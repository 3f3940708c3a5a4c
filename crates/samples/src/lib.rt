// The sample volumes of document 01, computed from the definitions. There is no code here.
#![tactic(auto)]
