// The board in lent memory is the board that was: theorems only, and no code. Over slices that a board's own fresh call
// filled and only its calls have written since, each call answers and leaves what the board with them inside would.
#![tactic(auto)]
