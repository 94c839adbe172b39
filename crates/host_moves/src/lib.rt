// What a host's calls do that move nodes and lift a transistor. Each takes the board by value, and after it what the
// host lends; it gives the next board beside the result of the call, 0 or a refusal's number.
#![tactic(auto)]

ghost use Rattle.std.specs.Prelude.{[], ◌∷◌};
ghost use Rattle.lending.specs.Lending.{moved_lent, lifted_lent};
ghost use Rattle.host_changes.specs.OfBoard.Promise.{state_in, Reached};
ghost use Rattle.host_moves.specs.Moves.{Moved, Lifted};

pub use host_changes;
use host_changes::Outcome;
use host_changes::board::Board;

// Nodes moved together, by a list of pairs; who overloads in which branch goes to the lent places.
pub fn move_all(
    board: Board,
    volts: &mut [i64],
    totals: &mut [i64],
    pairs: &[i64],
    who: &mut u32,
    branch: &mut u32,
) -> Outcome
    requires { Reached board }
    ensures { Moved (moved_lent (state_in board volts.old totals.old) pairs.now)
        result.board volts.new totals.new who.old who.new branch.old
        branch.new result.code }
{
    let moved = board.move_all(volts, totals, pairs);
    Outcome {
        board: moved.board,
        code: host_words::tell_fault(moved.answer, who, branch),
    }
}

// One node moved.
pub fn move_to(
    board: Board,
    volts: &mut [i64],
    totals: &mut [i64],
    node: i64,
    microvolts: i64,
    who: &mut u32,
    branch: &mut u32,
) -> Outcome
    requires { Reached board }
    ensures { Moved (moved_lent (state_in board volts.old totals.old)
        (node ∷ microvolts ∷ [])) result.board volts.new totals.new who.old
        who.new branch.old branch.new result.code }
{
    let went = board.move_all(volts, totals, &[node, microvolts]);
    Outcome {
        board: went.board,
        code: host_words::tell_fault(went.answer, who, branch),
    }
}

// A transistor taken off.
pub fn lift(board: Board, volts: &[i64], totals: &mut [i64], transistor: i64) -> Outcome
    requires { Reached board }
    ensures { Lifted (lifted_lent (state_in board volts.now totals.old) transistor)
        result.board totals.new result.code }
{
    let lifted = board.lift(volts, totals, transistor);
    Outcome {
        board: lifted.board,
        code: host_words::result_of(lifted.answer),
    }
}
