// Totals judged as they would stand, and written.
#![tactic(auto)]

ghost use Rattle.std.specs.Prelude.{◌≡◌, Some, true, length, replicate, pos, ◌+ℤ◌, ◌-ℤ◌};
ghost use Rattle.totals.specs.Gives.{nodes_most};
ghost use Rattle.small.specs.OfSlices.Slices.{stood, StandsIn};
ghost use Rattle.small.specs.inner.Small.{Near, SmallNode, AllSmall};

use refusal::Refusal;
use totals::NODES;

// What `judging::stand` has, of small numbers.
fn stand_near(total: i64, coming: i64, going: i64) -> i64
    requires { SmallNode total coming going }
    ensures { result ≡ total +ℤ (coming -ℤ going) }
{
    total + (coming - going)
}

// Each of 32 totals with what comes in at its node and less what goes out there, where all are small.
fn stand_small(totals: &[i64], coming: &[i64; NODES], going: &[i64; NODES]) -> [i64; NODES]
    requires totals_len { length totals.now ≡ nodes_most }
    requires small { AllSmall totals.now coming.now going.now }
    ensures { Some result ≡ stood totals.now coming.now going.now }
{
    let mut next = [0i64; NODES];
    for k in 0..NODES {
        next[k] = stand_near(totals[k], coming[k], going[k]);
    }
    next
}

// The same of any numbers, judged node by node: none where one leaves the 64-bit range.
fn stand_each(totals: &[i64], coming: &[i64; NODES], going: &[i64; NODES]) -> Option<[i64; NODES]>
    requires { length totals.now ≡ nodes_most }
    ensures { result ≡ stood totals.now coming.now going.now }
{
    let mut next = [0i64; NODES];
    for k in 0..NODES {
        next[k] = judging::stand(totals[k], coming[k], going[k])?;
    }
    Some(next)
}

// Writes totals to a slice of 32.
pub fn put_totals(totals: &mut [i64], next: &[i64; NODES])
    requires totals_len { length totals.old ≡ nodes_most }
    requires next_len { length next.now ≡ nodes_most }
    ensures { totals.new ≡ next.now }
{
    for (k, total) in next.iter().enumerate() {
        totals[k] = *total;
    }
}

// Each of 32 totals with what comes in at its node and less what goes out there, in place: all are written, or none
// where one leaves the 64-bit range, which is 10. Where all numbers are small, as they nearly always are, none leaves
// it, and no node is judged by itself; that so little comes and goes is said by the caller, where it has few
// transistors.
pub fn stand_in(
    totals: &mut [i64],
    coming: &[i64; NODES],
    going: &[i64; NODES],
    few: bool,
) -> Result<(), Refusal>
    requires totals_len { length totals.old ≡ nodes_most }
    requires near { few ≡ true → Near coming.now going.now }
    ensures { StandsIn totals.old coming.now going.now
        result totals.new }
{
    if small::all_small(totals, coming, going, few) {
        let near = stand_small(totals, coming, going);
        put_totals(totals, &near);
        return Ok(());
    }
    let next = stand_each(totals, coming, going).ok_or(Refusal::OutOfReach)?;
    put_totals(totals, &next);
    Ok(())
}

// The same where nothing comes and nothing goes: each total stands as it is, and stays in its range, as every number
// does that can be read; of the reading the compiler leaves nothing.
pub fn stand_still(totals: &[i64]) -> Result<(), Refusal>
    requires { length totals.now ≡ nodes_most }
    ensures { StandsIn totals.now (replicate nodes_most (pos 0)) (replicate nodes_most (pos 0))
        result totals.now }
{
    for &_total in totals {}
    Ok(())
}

= = = = =

- Aim of the exercise -
Your task is to repeat each line of the material exactly.

- Result of this task -
repository 3f3940708c3a5a4c
filename crates/samples/src/lib.rt
// The sample volumes of document 01, computed from the definitions. There is no code here.
#![tactic(auto)]
// The board in lent memory is the board that was: theorems only, and no code. Over slices that a board's own fresh call
// filled and only its calls have written since, each call answers and leaves what the board with them inside would.
#![tactic(auto)]
repository 94c839adbe172b39
filename crates/host_moves/src/lib.rt
// What a host's calls do that move nodes and lift a transistor. Each takes the board by value, and after it what the
// host lends; it gives the next board beside the result of the call, 0 or a refusal's number.
#![tactic(auto)]

ghost use Rattle.std.specs.Prelude.{[], ◌∷◌};
ghost use Rattle.lending.specs.Lending.{moved_lent, lifted_lent};
ghost use Rattle.host_changes.specs.OfBoard.Promise.{state_in, Reached};
ghost use Rattle.host_moves.specs.Moves.{Moved, Lifted};

pub use host_changes;
use host_changes::Outcome;
use host_changes::board::Board;

// Nodes moved together, by a list of pairs; who overloads in which branch goes to the lent places.
pub fn move_all(
    board: Board,
    volts: &mut [i64],
    totals: &mut [i64],
    pairs: &[i64],
    who: &mut u32,
    branch: &mut u32,
) -> Outcome
    requires { Reached board }
    ensures { Moved (moved_lent (state_in board volts.old totals.old) pairs.now)
        result.board volts.new totals.new who.old who.new branch.old
        branch.new result.code }
{
    let moved = board.move_all(volts, totals, pairs);
    Outcome {
        board: moved.board,
        code: host_words::tell_fault(moved.answer, who, branch),
    }
}

// One node moved.
pub fn move_to(
    board: Board,
    volts: &mut [i64],
    totals: &mut [i64],
    node: i64,
    microvolts: i64,
    who: &mut u32,
    branch: &mut u32,
) -> Outcome
    requires { Reached board }
    ensures { Moved (moved_lent (state_in board volts.old totals.old)
        (node ∷ microvolts ∷ [])) result.board volts.new totals.new who.old
        who.new branch.old branch.new result.code }
{
    let went = board.move_all(volts, totals, &[node, microvolts]);
    Outcome {
        board: went.board,
        code: host_words::tell_fault(went.answer, who, branch),
    }
}

// A transistor taken off.
pub fn lift(board: Board, volts: &[i64], totals: &mut [i64], transistor: i64) -> Outcome
    requires { Reached board }
    ensures { Lifted (lifted_lent (state_in board volts.now totals.old) transistor)
        result.board totals.new result.code }
{
    let lifted = board.lift(volts, totals, transistor);
    Outcome {
        board: lifted.board,
        code: host_words::result_of(lifted.answer),
    }
}
// Totals judged as they would stand, and written.
#![tactic(auto)]

ghost use Rattle.std.specs.Prelude.{◌≡◌, Some, true, length, replicate, pos, ◌+ℤ◌, ◌-ℤ◌};
ghost use Rattle.totals.specs.Gives.{nodes_most};
ghost use Rattle.small.specs.OfSlices.Slices.{stood, StandsIn};
ghost use Rattle.small.specs.inner.Small.{Near, SmallNode, AllSmall};

use refusal::Refusal;
use totals::NODES;

// What `judging::stand` has, of small numbers.
fn stand_near(total: i64, coming: i64, going: i64) -> i64
    requires { SmallNode total coming going }
    ensures { result ≡ total +ℤ (coming -ℤ going) }
{
    total + (coming - going)
}

// Each of 32 totals with what comes in at its node and less what goes out there, where all are small.
fn stand_small(totals: &[i64], coming: &[i64; NODES], going: &[i64; NODES]) -> [i64; NODES]
    requires totals_len { length totals.now ≡ nodes_most }
    requires small { AllSmall totals.now coming.now going.now }
    ensures { Some result ≡ stood totals.now coming.now going.now }
{
    let mut next = [0i64; NODES];
    for k in 0..NODES {
        next[k] = stand_near(totals[k], coming[k], going[k]);
    }
    next
}

// The same of any numbers, judged node by node: none where one leaves the 64-bit range.
fn stand_each(totals: &[i64], coming: &[i64; NODES], going: &[i64; NODES]) -> Option<[i64; NODES]>
    requires { length totals.now ≡ nodes_most }
    ensures { result ≡ stood totals.now coming.now going.now }
{
    let mut next = [0i64; NODES];
    for k in 0..NODES {
        next[k] = judging::stand(totals[k], coming[k], going[k])?;
    }
    Some(next)
}

// Writes totals to a slice of 32.
pub fn put_totals(totals: &mut [i64], next: &[i64; NODES])
    requires totals_len { length totals.old ≡ nodes_most }
    requires next_len { length next.now ≡ nodes_most }
    ensures { totals.new ≡ next.now }
{
    for (k, total) in next.iter().enumerate() {
        totals[k] = *total;
    }
}

// Each of 32 totals with what comes in at its node and less what goes out there, in place: all are written, or none
// where one leaves the 64-bit range, which is 10. Where all numbers are small, as they nearly always are, none leaves
// it, and no node is judged by itself; that so little comes and goes is said by the caller, where it has few
// transistors.
pub fn stand_in(
    totals: &mut [i64],
    coming: &[i64; NODES],
    going: &[i64; NODES],
    few: bool,
) -> Result<(), Refusal>
    requires totals_len { length totals.old ≡ nodes_most }
    requires near { few ≡ true → Near coming.now going.now }
    ensures { StandsIn totals.old coming.now going.now
        result totals.new }
{
    if small::all_small(totals, coming, going, few) {
        let near = stand_small(totals, coming, going);
        put_totals(totals, &near);
        return Ok(());
    }
    let next = stand_each(totals, coming, going).ok_or(Refusal::OutOfReach)?;
    put_totals(totals, &next);
    Ok(())
}

// The same where nothing comes and nothing goes: each total stands as it is, and stays in its range, as every number
// does that can be read; of the reading the compiler leaves nothing.
pub fn stand_still(totals: &[i64]) -> Result<(), Refusal>
    requires { length totals.now ≡ nodes_most }
    ensures { StandsIn totals.now (replicate nodes_most (pos 0)) (replicate nodes_most (pos 0))
        result totals.now }
{
    for &_total in totals {}
    Ok(())
}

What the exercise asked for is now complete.